Nearly all the chemical energy of this reaction is converted into light - very little heat is
produced. The luciferin layer is well supplied with tracheae (air-tubes) to ensure a good supply
of oxygen. The light emitted is pale green, as shown in the left-hand picture. The beetle can
switch its light on and off as required, by increasing and decreasing the air (and hence oxygen)
supply to the luciferin layer. The outer cuticle on the underside where the photogenic organs
are situated is uncoloured and translucent, so that these areas of the terminal segments appear
much paler than the rest of the body, as shown in the right-hand picture. Although it is the
female glow-worm that emits the strongest light, all stages of this insect are to some degree
faintly luminescent, including the male beetles, larvae and eggs.
with its paler photogenic
Photo: W. Hester © 2004
The function of the glow-worm's light is to attract the males.
As dusk falls, the wingless females only need to sit in the grass and low vegetation, switch on
their lights and turn their bodies so that their 'lamps' are visible to the males flying above.
Male glow-worms have much larger eyes than the females and they quickly fly towards the light, so
that a glowing female soon attracts a mate. After mating the female generally douses her light and
gets on with the business of egg-laying.
Some species of lampyrid beetles, usually referred to as fire-flies,
are strongly luminescent in both sexes - the males flash their lights as they fly, and the females
respond with their own flashes when they see the males overhead. Typical examples are the european
fire-fly (Luciola lusitanica) and the redcurrant or lesser fire-fly (Lamprohiza =
Phausis splendidula), found in southern and central Europe, respectively.
In Britain, the common glow-worm (Lampyris noctiluca)
is fairly widespread, but local in distribution. The beetles are usually found on grassy slopes,
verges and hedgebanks, on heaths and in open grassland, especially in chalky and limestone areas.
They are mainly nocturnal, the flying males sometimes coming to street and house lights (no doubt
mistaking these artificial lights for a large glowing female!).
The life-cycle may take one, two or even three years, with adults
usually emerging in June-July, although they occasionally appear in May and some beetles may survive
into October. The adult beetles take little or no food, but the larvae are predatory and feed on
small slugs and snails. These are seized with their jaws and injected with a digestive fluid which
liquefies the prey ready for eating. The larval stages somewhat resemble the wingless adult female
apart from their smaller size, at least until they become fully mature and ready to pupate.

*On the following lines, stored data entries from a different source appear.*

// A picture whose state is lent: its opening, and the macroblock that is due.
ghost use Rattle.std.specs.Prelude.{cond, ◌≡◌};
ghost use Rattle.vaxembro.specs.Calls.{left, left_in, lent, opened_by, opened_number, opened_state, state_long};

// Opens a picture. 11 or 12 where there is none, 14 where the state is too short.
#[unsafe(no_mangle)]
pub extern "C" fn vaxembro_open(
    width: u32,
    height: u32,
    bits_per_pixel: u32,
    quant_type: u32,
    state: &mut [u32],
) -> u32
    ensures value { result ≡ cond (state_long state.old) (opened_number (opened_by width height bits_per_pixel quant_type)) 14 }
    ensures state { state.new ≡ cond (state_long state.old) (opened_state (opened_by width height bits_per_pixel quant_type) state.old) state.old }
{
    vaxembro::vaxembro_open(width, height, bits_per_pixel, quant_type, state)
}

// The macroblock that is due. 14 where state, matrix or answer is too short: then nothing is written but the answer.
#[unsafe(no_mangle)]
pub extern "C" fn vaxembro_decode_macroblock(
    state: &mut [u32],
    data: &[u8],
    at: usize,
    mb_type: u32,
    cbpy: u8,
    cbpc: u8,
    quantiser_scale: u32,
    flags: u32,
    matrix: &[u8],
    samples: &mut [i32],
    store: &mut [i32],
    answer: &mut [usize],
) -> u32
    ensures { left result state.new samples.new store.new answer.new ≡ left_in (lent state.old «data».now at mb_type cbpy cbpc quantiser_scale flags matrix.now samples.old store.old answer.old) }
{
    vaxembro::vaxembro_decode_macroblock(
        state,
        data,
        at,
        mb_type,
        cbpy,
        cbpc,
        quantiser_scale,
        flags,
        matrix,
        samples,
        store,
        answer,
    )
}
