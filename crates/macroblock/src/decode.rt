// A macroblock out of bits into 384 samples.
ghost use Rattle.std.specs.Prelude.{◌≡◌, length, Ok};
ghost use Rattle.macroblock.specs.Answer.{macroblock_answer, room_of, samples_out, samples_told, sentence_of, state_of, told};
ghost use Rattle.macroblock.specs.Alone.{DemandAlone, StoppedAlone};
ghost use Rattle.macroblock.specs.Outcomes.{macroblock_due, macroblock_outcome};

use bits::Cursor;
use block::{BlockAssemblyError, MacroblockTextureContext};
use coefficients::BlockPredictors;
use headers::MacroblockHeader;
use texture::Spellings;

// The number of bits taken, the cursor after them and the number of events of each spelling.
#[derive(Clone, Copy)]
pub struct MacroblockDecoded {
    pub bits: usize,
    pub next: Cursor,
    pub spellings: Spellings,
}

// The state without a header: 11, 12, 13, 14.
pub(crate) fn check_room(
    data: &[u8],
    c: Cursor,
    ctx: MacroblockTextureContext,
    predictors: BlockPredictors,
    w: [[u8; 8]; 8],
    room: usize,
) -> Result<(), BlockAssemblyError>
    ensures { result ≡ room_of «data».now c.bit_pos ctx predictors w room }
{
    block::check(data, c, ctx, predictors, w)?;
    if room < samples::SAMPLES {
        return Err(BlockAssemblyError::TooShort);
    }
    Ok(())
}

// The state, before any bit: 11, 12, 13, 14, 9, 10.
fn check_state(
    data: &[u8],
    c: Cursor,
    header: MacroblockHeader,
    ctx: MacroblockTextureContext,
    predictors: BlockPredictors,
    w: [[u8; 8]; 8],
    room: usize,
) -> Result<(), BlockAssemblyError>
    ensures { result ≡ state_of «data».now c.bit_pos header ctx predictors w room }
{
    check_room(data, c, ctx, predictors, w, room)?;
    headers::check_header(header)
}

// Once the state is checked: all bits first, then the samples.
pub(crate) fn decode_checked(
    data: &[u8],
    c: Cursor,
    header: MacroblockHeader,
    use_intra_dc_vlc: bool,
    reversible_vlc: bool,
    ctx: MacroblockTextureContext,
    predictors: BlockPredictors,
    w: [[u8; 8]; 8],
    samples: &mut [i32],
) -> Result<MacroblockDecoded, BlockAssemblyError>
    requires { state_of «data».now c.bit_pos header ctx predictors w (length samples.old) ≡ Ok tt }
    ensures value { result ≡ told «data».now c.bit_pos (sentence_of «data».now c.bit_pos header use_intra_dc_vlc reversible_vlc) }
    ensures samples { samples.new ≡ samples_told header use_intra_dc_vlc ctx predictors w (sentence_of «data».now c.bit_pos header use_intra_dc_vlc reversible_vlc) samples.old }
{
    let pattern = block::pattern_code(header.cbpy, header.cbpc);
    let mut rows = [[0i32; 64]; 6];
    let mut ends = [0usize; 6];
    let (next, spellings) = window_reader::read_six(
        data,
        c,
        pattern,
        use_intra_dc_vlc,
        reversible_vlc,
        &mut rows,
        &mut ends,
    )?;
    crate::six::samples_of_six(&rows, ends, ctx, predictors, w, samples)?;
    let bits = next.bit_pos - c.bit_pos;
    Ok(MacroblockDecoded {
        bits,
        next,
        spellings,
    })
}

// A macroblock read alone: what is answered, what the samples hold, demand 3, the answer by number, and what is told
// where its sentence breaks off.
pub fn decode_intra_macroblock(
    data: &[u8],
    c: Cursor,
    header: MacroblockHeader,
    use_intra_dc_vlc: bool,
    reversible_vlc: bool,
    ctx: MacroblockTextureContext,
    predictors: BlockPredictors,
    quant_matrix: [[u8; 8]; 8],
    samples: &mut [i32],
) -> Result<MacroblockDecoded, BlockAssemblyError>
    ensures value { result ≡ macroblock_answer «data».now c.bit_pos header use_intra_dc_vlc reversible_vlc ctx predictors quant_matrix samples.old }
    ensures samples { samples.new ≡ samples_out «data».now c.bit_pos header use_intra_dc_vlc reversible_vlc ctx predictors quant_matrix samples.old }
    ensures demand { DemandAlone «data».now c.bit_pos header use_intra_dc_vlc reversible_vlc ctx predictors quant_matrix samples.old result samples.new }
    ensures outcome { macroblock_outcome result ≡ macroblock_due «data».now c.bit_pos header use_intra_dc_vlc reversible_vlc ctx predictors quant_matrix (length samples.old) }
    ensures stopped { StoppedAlone «data».now c.bit_pos header use_intra_dc_vlc reversible_vlc ctx predictors quant_matrix (length samples.old) result }
{
    let room = samples.len();
    check_state(data, c, header, ctx, predictors, quant_matrix, room)?;
    decode_checked(
        data,
        c,
        header,
        use_intra_dc_vlc,
        reversible_vlc,
        ctx,
        predictors,
        quant_matrix,
        samples,
    )
}
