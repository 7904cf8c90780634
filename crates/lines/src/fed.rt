// What a byte, and the end of the input, does to a line of which `n` bytes came.
ghost use Rattle.std.specs.Prelude.{◌≡◌};
ghost use Rattle.lines.specs.Fed.{fed_of, rest_of};

use forms::Line;

// One byte was kept and so many are there; or a line of so many bytes ended; or one that is too long did.
#[derive(Clone, Copy)]
pub enum Fed {
    Kept(usize),
    Ended(usize),
    Skipped,
}

// The byte that comes after `n` bytes of a line.
pub fn feed(n: usize, b: u8) -> Fed
    ensures { result ≡ fed_of n b }
{
    if b == 10 {
        if n <= Line::LONGEST {
            return Fed::Ended(n);
        }
        return Fed::Skipped;
    }
    if n <= Line::LONGEST {
        return Fed::Kept(n + 1);
    }
    Fed::Kept(n)
}

// The end of the input after `n` bytes of a line.
pub fn rest(n: usize) -> Fed
    ensures { result ≡ rest_of n }
{
    if n == 0 {
        return Fed::Kept(0);
    }
    if n <= Line::LONGEST {
        return Fed::Ended(n);
    }
    Fed::Skipped
}
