// The functions of `vaxembro`, exported to C as they stand there.
//
// A slice is a pointer and a length there.
#![tactic(auto)]

mod alone;
mod answer;
mod pictures;
mod whole;
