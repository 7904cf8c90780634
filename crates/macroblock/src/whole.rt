// A whole macroblock out of bits: its header, then its blocks with the header's quantiser and flag.
ghost use Rattle.std.specs.Prelude.{◌≡◌, length, Ok};
ghost use Rattle.headers.specs.Answer.{header_told};
ghost use Rattle.headers.specs.Fields.{context_with};
ghost use Rattle.headers.specs.HeaderReader.{read_header};
ghost use Rattle.bits.specs.Bits.{bits_from};
ghost use Rattle.macroblock.specs.Answer.{room_of};
ghost use Rattle.macroblock.specs.WholeAnswer.{WholeAnswered, samples_whole, whole_of, whole_told};

use bits::Cursor;
use block::{BlockAssemblyError, MacroblockTextureContext};
use coefficients::BlockPredictors;
use headers::HeaderFields;
use texture::Spellings;

// The number of bits taken, the header's among them, the cursor after them, the number of events of each spelling and the
// header's fields.
#[derive(Clone, Copy)]
pub struct WholeDecoded {
    pub bits: usize,
    pub next: Cursor,
    pub spellings: Spellings,
    pub fields: HeaderFields,
}

// The context with a header's quantiser and flag.
fn context_with(ctx: MacroblockTextureContext, fields: HeaderFields) -> MacroblockTextureContext
    ensures { result ≡ context_with fields ctx }
{
    let header = fields.header;
    let mut x = ctx;
    x.quantiser_scale = fields.quantiser_scale;
    x.ac_pred_flag = header.ac_pred_flag;
    x
}

// Once the header is read up to `next`: its blocks.
fn decode_after(
    data: &[u8],
    c: Cursor,
    next: Cursor,
    fields: HeaderFields,
    use_intra_dc_vlc: bool,
    reversible_vlc: bool,
    ctx: MacroblockTextureContext,
    predictors: BlockPredictors,
    w: [[u8; 8]; 8],
    samples: &mut [i32],
) -> Result<WholeDecoded, BlockAssemblyError>
    requires { (room_of «data».now c.bit_pos ctx predictors w (length samples.old) ≡ Ok tt) × (Ok (fields, next) ≡ header_told «data».now ctx.quantiser_scale (read_header (bits_from «data».now c.bit_pos))) }
    ensures value { result ≡ whole_told «data».now c.bit_pos ctx.quantiser_scale (whole_of «data».now c.bit_pos use_intra_dc_vlc reversible_vlc) }
    ensures samples { samples.new ≡ samples_whole use_intra_dc_vlc ctx predictors w (whole_of «data».now c.bit_pos use_intra_dc_vlc reversible_vlc) samples.old }
{
    let header = fields.header;
    let x = context_with(ctx, fields);
    let pattern = block::pattern_code(header.cbpy, header.cbpc);
    let mut rows = [[0i32; 64]; 6];
    let mut ends = [0usize; 6];
    let (after, spellings) = window_reader::read_six(
        data,
        next,
        pattern,
        use_intra_dc_vlc,
        reversible_vlc,
        &mut rows,
        &mut ends,
    )?;
    crate::six::samples_of_six(&rows, ends, x, predictors, w, samples)?;
    let bits = after.bit_pos - c.bit_pos;
    Ok(WholeDecoded {
        bits,
        next: after,
        spellings,
        fields,
    })
}

// A macroblock read alone with its header in its bits; the context's quantiser is the one before the header, its flag is not
// looked at. All that is promised is in `WholeAnswered`.
pub fn decode_intra_macroblock_with_header(
    data: &[u8],
    c: Cursor,
    use_intra_dc_vlc: bool,
    reversible_vlc: bool,
    ctx: MacroblockTextureContext,
    predictors: BlockPredictors,
    quant_matrix: [[u8; 8]; 8],
    samples: &mut [i32],
) -> Result<WholeDecoded, BlockAssemblyError>
    ensures { WholeAnswered «data».now c.bit_pos use_intra_dc_vlc reversible_vlc ctx predictors quant_matrix samples.old result samples.new }
{
    let room = samples.len();
    crate::decode::check_room(data, c, ctx, predictors, quant_matrix, room)?;
    let (fields, next) = headers::parse_macroblock_header(data, c, ctx.quantiser_scale)?;
    decode_after(
        data,
        c,
        next,
        fields,
        use_intra_dc_vlc,
        reversible_vlc,
        ctx,
        predictors,
        quant_matrix,
        samples,
    )
}
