// One intra macroblock read alone (block.rs's decode_intra_macroblock, with macroblock.rs's header record):
// six blocks with the same predictors into 384 lent samples, with a header that is handed in or with its own in its bits.
//
// The bits of all six blocks are read before anything is reconstructed, so a refusal leaves the samples
// as they were. No public function has a `requires`.
#![tactic(auto)]

mod decode;
mod six;
mod whole;

pub use decode::{MacroblockDecoded, decode_intra_macroblock};
pub use headers::{
    DerivedMbType, HeaderFields, MacroblockHeader, check_header, parse_macroblock_header,
};
pub use whole::{WholeDecoded, decode_intra_macroblock_with_header};
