// A macroblock read alone, with neighbours that are lent.
ghost use Rattle.std.specs.Prelude.{◌≡◌};
ghost use Rattle.vaxembro.specs.Calls.{left_alone, left_over, lent_alone};

// 14 where neighbours, matrix or answer is too short: then nothing is written but the answer.
#[unsafe(no_mangle)]
pub extern "C" fn vaxembro_decode_intra_macroblock(
    data: &[u8],
    at: usize,
    mb_type: u32,
    cbpy: u8,
    cbpc: u8,
    quantiser_scale: u32,
    bits_per_pixel: u32,
    flags: u32,
    neighbours: &[i32],
    matrix: &[u8],
    samples: &mut [i32],
    answer: &mut [usize],
) -> u32
    ensures { left_over result samples.new answer.new ≡ left_alone (lent_alone «data».now at mb_type cbpy cbpc quantiser_scale bits_per_pixel flags neighbours.now matrix.now samples.old answer.old) }
{
    vaxembro::vaxembro_decode_intra_macroblock(
        data,
        at,
        mb_type,
        cbpy,
        cbpc,
        quantiser_scale,
        bits_per_pixel,
        flags,
        neighbours,
        matrix,
        samples,
        answer,
    )
}
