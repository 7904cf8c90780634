// What the nine numbers of an answer say.
ghost use Rattle.std.specs.Prelude.{◌≡◌};
ghost use Rattle.vaxembro.specs.Answer.{low, spelling_in, told_at};

#[unsafe(no_mangle)]
pub extern "C" fn vaxembro_number(answer: &[usize]) -> u32
    ensures { result ≡ low (told_at answer.now 0) }
{
    vaxembro::vaxembro_number(answer)
}

#[unsafe(no_mangle)]
pub extern "C" fn vaxembro_figure(answer: &[usize]) -> u32
    ensures { result ≡ low (told_at answer.now 1) }
{
    vaxembro::vaxembro_figure(answer)
}

#[unsafe(no_mangle)]
pub extern "C" fn vaxembro_bits(answer: &[usize]) -> usize
    ensures { result ≡ told_at answer.now 2 }
{
    vaxembro::vaxembro_bits(answer)
}

#[unsafe(no_mangle)]
pub extern "C" fn vaxembro_position(answer: &[usize]) -> usize
    ensures { result ≡ told_at answer.now 3 }
{
    vaxembro::vaxembro_position(answer)
}

// The number of events of a spelling: 0 is plain, 1 to 3 an escape of that type, 4 a reversible escape; of any other 0.
#[unsafe(no_mangle)]
pub extern "C" fn vaxembro_spelling(answer: &[usize], which: u32) -> u32
    ensures { result ≡ spelling_in answer.now which }
{
    vaxembro::vaxembro_spelling(answer, which)
}
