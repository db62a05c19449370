//! What the commands of `capt` do over readers and writers: what they print and write, what they find, and what they
//! leave out.
#![tactic(auto)]

mod blocks;
mod commands;
mod counting;
mod diff;
mod diff_lines;
mod faults;
mod jobs;
mod left;
mod lines;
mod list;
mod skipping;

pub use crate::blocks::{blocks_json_to, blocks_to, take_block};
pub use crate::commands::{convert_to, join_to, join_to_pcap, merge_to, merge_to_pcap};
pub use crate::counting::{
    OutputFormat, RunForm, convert_and_count, join_and_count, merge_and_count, output_format,
};
pub use crate::diff::{
    CutEnds, DEFAULT_OPTIONS, DiffEnd, DiffOptions, Differences, diff_in, diff_to,
};
pub use crate::faults::fault_line;
pub use crate::jobs::{Done, Finding, form_of, job_to, line_of, shown_of, tail_of, whole_finding};
pub use crate::left::{DroppedInfo, NOTHING_LEFT};
pub use crate::lines::write_block;
pub use crate::list::{ListOptions, list_json_to, list_to, put_packet_line};
pub use crate::skipping::{is_any_refused, kept_files, kept_number, put_left_out, refusal_in};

A full-grown larva of Lampyris noctiluca, with its distinctive pale spots on each body segment,
is illustrated on the right. The larvae are ground-dwellers, generally living under stones, logs and
similar sheltered places, but sometimes seen crawling on grass, pathways and roads (like the specimen
in the photograph).
Photo: D. Wright © 2007
Glow-worm populations in Britain have been the subject of two
national surveys, the first by Anthony Wootton for the British Naturalists' Association in the early
1970s (reported in: Country-Side 1971, 21, 456-463, 572-574; 1974, 22, 266-271), and the second
by Robin Scagell as a privately-funded study started in 1990. For details of the latter survey (which
includes county records from the earlier Wootton survey) and further information about glow-worms
go to the UK Glow-Worm Survey, an excellent
site both for the enthusiast and the casual observer of these fascinating beetles.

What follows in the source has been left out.